===== MATERIAL PROVIDED =====

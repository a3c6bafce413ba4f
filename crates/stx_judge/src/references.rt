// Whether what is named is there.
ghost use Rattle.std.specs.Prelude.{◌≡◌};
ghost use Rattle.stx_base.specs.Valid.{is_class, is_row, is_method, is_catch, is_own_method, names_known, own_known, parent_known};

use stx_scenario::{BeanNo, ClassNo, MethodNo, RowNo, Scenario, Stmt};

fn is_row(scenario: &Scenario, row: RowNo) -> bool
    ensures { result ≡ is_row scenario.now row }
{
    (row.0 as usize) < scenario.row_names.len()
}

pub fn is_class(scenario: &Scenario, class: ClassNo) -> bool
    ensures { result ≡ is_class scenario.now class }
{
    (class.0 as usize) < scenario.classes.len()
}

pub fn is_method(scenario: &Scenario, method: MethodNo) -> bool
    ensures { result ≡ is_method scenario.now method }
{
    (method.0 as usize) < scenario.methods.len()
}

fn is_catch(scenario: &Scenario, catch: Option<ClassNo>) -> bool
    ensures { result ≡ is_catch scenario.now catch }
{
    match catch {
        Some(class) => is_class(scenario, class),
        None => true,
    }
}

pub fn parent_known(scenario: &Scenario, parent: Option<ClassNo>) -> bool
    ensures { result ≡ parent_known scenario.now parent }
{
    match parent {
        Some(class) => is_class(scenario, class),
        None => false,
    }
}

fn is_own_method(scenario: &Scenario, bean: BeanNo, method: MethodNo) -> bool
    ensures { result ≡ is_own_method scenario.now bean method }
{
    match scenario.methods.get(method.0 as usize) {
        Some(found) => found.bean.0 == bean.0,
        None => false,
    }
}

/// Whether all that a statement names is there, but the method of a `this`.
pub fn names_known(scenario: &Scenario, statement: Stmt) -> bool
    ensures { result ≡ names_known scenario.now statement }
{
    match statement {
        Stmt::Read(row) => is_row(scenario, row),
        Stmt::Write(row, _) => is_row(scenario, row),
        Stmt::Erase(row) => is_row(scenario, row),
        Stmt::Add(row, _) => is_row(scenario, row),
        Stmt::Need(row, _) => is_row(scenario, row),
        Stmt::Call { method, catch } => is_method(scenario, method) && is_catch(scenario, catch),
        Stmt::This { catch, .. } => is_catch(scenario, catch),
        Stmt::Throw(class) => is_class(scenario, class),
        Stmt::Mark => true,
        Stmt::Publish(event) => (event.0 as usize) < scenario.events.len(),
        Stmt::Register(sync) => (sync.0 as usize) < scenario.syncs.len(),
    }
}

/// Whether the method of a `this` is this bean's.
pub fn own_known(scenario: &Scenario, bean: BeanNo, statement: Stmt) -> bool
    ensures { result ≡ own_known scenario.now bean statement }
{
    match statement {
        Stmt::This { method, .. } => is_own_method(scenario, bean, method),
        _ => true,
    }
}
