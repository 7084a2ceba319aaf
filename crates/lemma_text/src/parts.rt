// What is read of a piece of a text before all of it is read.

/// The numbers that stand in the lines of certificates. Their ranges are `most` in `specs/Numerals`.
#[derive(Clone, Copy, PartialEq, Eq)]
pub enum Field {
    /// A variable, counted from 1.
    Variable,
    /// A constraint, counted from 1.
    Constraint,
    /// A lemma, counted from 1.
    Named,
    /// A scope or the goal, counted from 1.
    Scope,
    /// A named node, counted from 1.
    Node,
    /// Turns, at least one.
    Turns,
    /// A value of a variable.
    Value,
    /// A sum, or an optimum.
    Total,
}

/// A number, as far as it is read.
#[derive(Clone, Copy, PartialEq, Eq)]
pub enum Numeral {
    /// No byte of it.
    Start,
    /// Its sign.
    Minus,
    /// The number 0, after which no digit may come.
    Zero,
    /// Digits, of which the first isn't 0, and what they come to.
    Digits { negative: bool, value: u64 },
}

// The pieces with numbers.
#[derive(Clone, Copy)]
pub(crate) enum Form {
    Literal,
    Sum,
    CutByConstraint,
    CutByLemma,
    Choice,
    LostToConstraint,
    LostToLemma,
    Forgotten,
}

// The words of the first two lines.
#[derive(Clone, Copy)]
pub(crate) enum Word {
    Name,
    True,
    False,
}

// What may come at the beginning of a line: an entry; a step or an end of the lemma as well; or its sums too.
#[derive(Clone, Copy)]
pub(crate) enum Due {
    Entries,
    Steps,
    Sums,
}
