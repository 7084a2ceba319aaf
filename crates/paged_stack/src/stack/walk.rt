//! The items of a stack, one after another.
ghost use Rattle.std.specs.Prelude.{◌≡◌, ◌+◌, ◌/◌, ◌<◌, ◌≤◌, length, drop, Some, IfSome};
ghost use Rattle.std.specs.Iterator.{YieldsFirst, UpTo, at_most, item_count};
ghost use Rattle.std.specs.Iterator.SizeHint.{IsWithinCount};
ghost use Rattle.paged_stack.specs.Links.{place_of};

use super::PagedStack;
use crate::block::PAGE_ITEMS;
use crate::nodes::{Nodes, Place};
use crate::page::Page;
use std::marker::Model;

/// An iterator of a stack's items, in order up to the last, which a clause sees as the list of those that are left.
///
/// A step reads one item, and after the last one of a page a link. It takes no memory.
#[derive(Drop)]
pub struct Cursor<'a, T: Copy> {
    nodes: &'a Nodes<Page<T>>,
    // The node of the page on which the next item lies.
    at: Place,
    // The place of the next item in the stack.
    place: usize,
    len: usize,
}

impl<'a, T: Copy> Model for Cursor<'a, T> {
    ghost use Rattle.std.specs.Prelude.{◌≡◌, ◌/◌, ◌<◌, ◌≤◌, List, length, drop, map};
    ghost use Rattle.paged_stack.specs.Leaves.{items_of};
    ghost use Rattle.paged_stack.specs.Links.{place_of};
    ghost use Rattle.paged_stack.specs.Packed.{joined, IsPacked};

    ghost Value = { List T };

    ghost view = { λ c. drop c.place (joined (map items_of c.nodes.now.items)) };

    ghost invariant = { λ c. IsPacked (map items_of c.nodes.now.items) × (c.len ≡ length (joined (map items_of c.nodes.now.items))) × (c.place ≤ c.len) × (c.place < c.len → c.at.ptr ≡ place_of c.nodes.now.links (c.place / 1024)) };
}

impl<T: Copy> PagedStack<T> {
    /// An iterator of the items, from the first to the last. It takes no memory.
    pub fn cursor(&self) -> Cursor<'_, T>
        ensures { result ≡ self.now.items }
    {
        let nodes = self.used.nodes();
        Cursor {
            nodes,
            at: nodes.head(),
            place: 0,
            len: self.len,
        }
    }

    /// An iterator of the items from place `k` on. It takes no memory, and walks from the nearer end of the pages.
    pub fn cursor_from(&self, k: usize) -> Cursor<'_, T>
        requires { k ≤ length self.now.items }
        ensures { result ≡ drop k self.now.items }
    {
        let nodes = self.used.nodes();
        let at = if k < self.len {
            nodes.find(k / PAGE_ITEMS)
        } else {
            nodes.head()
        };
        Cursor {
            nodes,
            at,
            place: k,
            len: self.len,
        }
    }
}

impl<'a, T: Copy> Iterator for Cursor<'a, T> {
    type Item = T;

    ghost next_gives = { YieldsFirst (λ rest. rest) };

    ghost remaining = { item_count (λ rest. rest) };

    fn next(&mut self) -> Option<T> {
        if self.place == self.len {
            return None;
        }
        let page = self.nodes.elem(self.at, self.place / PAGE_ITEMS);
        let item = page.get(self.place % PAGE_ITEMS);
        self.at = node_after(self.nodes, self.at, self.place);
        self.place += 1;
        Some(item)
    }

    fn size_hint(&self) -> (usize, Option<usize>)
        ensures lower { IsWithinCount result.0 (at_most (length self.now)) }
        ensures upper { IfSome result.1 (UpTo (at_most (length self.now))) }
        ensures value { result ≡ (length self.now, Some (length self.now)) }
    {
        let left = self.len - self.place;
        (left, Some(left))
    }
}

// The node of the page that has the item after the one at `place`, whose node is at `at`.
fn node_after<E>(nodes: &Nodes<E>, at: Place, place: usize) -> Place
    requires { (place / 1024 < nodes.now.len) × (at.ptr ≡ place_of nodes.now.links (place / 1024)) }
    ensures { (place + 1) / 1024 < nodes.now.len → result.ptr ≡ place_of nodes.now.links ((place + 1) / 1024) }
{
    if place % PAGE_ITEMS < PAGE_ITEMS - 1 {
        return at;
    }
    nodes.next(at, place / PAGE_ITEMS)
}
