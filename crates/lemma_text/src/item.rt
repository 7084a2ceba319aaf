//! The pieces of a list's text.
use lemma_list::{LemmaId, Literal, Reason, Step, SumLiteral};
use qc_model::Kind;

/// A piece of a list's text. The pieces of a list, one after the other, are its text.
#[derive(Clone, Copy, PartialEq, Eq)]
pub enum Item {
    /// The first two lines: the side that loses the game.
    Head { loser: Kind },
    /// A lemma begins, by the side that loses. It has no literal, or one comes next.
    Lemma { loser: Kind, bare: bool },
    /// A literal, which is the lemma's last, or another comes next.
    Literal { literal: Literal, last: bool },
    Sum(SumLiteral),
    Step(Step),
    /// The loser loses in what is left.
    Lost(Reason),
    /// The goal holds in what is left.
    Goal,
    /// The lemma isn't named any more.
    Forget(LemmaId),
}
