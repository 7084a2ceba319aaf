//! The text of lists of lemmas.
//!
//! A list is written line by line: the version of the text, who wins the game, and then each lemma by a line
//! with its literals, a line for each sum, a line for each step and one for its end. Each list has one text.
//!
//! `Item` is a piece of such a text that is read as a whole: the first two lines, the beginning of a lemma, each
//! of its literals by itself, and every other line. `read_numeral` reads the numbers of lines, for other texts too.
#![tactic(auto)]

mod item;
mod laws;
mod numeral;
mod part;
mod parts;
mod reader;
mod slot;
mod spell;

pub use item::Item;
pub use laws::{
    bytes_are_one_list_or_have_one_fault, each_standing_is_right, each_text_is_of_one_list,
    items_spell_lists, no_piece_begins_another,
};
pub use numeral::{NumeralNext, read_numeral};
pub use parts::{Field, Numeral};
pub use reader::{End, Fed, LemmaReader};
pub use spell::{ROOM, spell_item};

=====

## REQUIREMENT
Only lines that contain "Kind" are needed, so copy each of them from the data.

## RESPONSE BELOW
use qc_model::Kind;
    Head { loser: Kind },
    Lemma { loser: Kind, bare: bool },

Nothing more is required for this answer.